2.2. Companys Representations, Warranties and Agreements. To induce the Subscriber to subscribe for the Shares, the Company hereby represents and warrants to the Subscriber and agrees with the Subscriber as follows:
2.2.1. Incorporation and Corporate Power. The Company is a Cayman Islands exempted company and is qualified to do business in every jurisdiction in which the failure to so qualify would reasonably be expected to have a material adverse effect on the financial condition, operating results or assets of the Company. The Company possesses all requisite corporate power and authority necessary to carry out the transactions contemplated by this Agreement.
2.2.2. No Conflicts. The execution, delivery and performance of this Agreement and the consummation by the Company of the transactions contemplated hereby do not violate, conflict with or constitute a default under (i) the Memorandum and Articles of Association of the Company dated 11 December 2020, (ii) any agreement, indenture or instrument to which the Company is a party, (iii) any law, statute, rule or regulation to which the Company is subject, or (iv) any agreement, order, judgment or decree to which the Company is subject.
2.2.3. Title to Securities. Upon issuance in accordance with, and payment pursuant to, the terms hereof, and registration of the issuance of the Shares in the Companys register of members, the Shares will be duly and validly issued, fully paid and nonassessable. Upon issuance in accordance with, and payment pursuant to, the terms hereof, and registration of the issuance of the Shares in the Companys register of members, the Subscriber will have or receive good title to the Shares, free and clear of all liens, claims and encumbrances of any kind, other than (a) transfer restrictions hereunder and other agreements to which the Shares may be subject which have been notified to the Subscriber in writing, (b) transfer restrictions under federal and state securities laws, and (c) liens, claims or encumbrances imposed due to the actions of the Subscriber.
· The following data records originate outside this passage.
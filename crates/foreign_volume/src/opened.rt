//! A volume's superblock and its chunks.
ghost use Rattle.std.specs.Prelude.{◌≡◌, ◌≤◌, ◌*◌, All, IfOk, OnOk, Err};
ghost use Rattle.blk_base.specs.Causes.{HasRisen};
ghost use Rattle.disk_model.specs.Disk.{HasCause, IfTold, known};
ghost use Rattle.foreign_format.specs.declared.fault.ReadFault.{ReadFault};
ghost use Rattle.foreign_format.specs.Answer.{Answers};
ghost use Rattle.foreign_format.specs.Chunks.{IsOnDisk};
ghost use Rattle.foreign_volume.specs.Opened.{opened_of, size_of, super_bytes};
ghost use Rattle.foreign_volume.specs.View.{opened_value};

use crate::chunks::{array_chunks, tree_chunks, volume_with};
use blk_base::Block;
use blk_base::format::SUPER_BLOCK;
use disk_model::{Disk, DiskFailed};
use foreign_format::{ReadFault, Superblock, read_superblock};
use foreign_tree::Volume;
use std::alloc::Global;

/// A volume that was opened: its superblock, and what its trees are read by.
#[derive(Drop)]
pub struct Opened {
    pub superblock: Superblock,
    pub volume: Volume,
}

/// Reads the block of the superblock; a disk without it counts as zeros there.
fn read_super_block<D: Disk>(disk: &mut D, into: &mut Block) -> Result<(), DiskFailed>
    ensures bytes { OnOk result (IfTold (known (D.seen disk.old) (D.lost disk.old)) (λ image. super_bytes image ≡ into.new)) }
    ensures size { D.count disk.new ≡ D.count disk.old }
    ensures seen { D.seen disk.new ≡ D.seen disk.old }
    ensures lost { D.lost disk.new ≡ D.lost disk.old }
    ensures told { D.told disk.new ≡ D.told disk.old }
    ensures cause { HasCause (D.faults disk.old) (D.faults disk.new) result }
{
    if disk.blocks() <= SUPER_BLOCK {
        *into = [0; 4096];
        return Ok(());
    }
    disk.read(SUPER_BLOCK, into)
}

/// Opens the volume on a disk ("Superblock", "CHUNK_ITEM" of the on-disk format), or answers the first fault: of the
/// superblock; of the chunks that it has, which serve to read the chunk tree alone; of that tree; of the chunks in it.
/// `Disk` comes only where the disk's count of faults rose in this call.
pub fn open<D: Disk>(alloc: Global, disk: &mut D) -> Result<Opened, ReadFault>
    ensures answer { IfTold (known (D.seen disk.old) (D.lost disk.old)) (λ image. Answers opened_value result (opened_of (D.count disk.old) image)) }
    ensures on_disk { IfOk result (λ opened. All (IsOnDisk (size_of (D.count disk.old))) opened.volume.chunks.items) }
    ensures least { IfOk result (λ opened. 4096 ≤ opened.volume.node_size) }
    ensures most { IfOk result (λ opened. opened.volume.node_size ≤ 65536) }
    ensures disk_fault { (result ≡ Err ReadFault.Disk) → HasRisen (D.faults disk.old) (D.faults disk.new) }
    ensures size { D.count disk.new ≡ D.count disk.old }
    ensures seen { D.seen disk.new ≡ D.seen disk.old }
    ensures lost { D.lost disk.new ≡ D.lost disk.old }
    ensures told { D.told disk.new ≡ D.told disk.old }
    ensures counted { D.faults disk.old ≤ D.faults disk.new }
{
    let mut block = [0; 4096];
    if read_super_block(disk, &mut block).is_err() {
        return Err(ReadFault::Disk);
    }
    let superblock = match read_superblock(&block) {
        Ok(superblock) => superblock,
        Err(fault) => return Err(ReadFault::Foreign(fault)),
    };
    let first = array_chunks(alloc, &block, disk.blocks())?;
    let chunks = tree_chunks(alloc, disk, &superblock, first)?;
    let volume = volume_with(&superblock, chunks);
    Ok(Opened { superblock, volume })
}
2.2.4. No Adverse Actions. There are no actions, suits, investigations or proceedings pending, threatened against or affecting the Company which: (i) seek to restrain, enjoin, prevent the consummation of or otherwise affect the transactions contemplated by this Agreement or (ii) question the validity or legality of any transactions or seek to recover damages or to obtain other relief in connection with any transactions.
3. Surrender and Cancellation of Shares.
3.1. Partial or No Exercise of the Over-allotment Option. In the event the Over-allotment Option is not exercised in full, the Subscriber acknowledges and agrees that it shall surrender for cancellation any and all rights to such number of Shares (up to an aggregate of 375,000 Shares and pro rata based upon the percentage of the Over-allotment Option exercised) such that immediately following such surrender and cancellation, the Subscriber (and all other initial shareholders prior to the IPO, if any) will own an aggregate number of Class B ordinary shares (not including Ordinary Shares issuable upon exercise of any warrants or any Ordinary Shares subscribed for or purchased by the Subscriber in the IPO or in the aftermarket) equal to 20% of the issued and outstanding Ordinary Shares immediately following the IPO.
3.2. Termination of Rights as Shareholder. If any of the Shares are surrendered and cancelled in accordance with this Section 3, then after such time the Subscriber (or successor in interest), shall no longer have any rights as a holder of such Shares, and the Company shall take such action as is appropriate to cancel such Shares.
4. Waiver of Liquidation Distributions; Redemption Rights. In connection with the Shares subscribed for pursuant to this Agreement, the Subscriber hereby waives any and all right, title, interest or claim of any kind in or to any distributions by the Company from the trust account which will be established for the benefit of the Companys public shareholders and into which substantially all of the proceeds of the IPO will be deposited (the Trust Account), in the event of a liquidation of the Company upon the Companys failure to timely complete an initial business combination. For purposes of clarity, in the event the Subscriber purchases and subscribes for Ordinary Shares in the IPO or in the aftermarket, any additional Ordinary Shares so purchased / subscribed shall be eligible to receive any liquidating distributions by the Company. However, in no event will the Subscriber have the right to redeem any Shares for funds held in the Trust Account upon the successful completion of an initial business combination by the Company.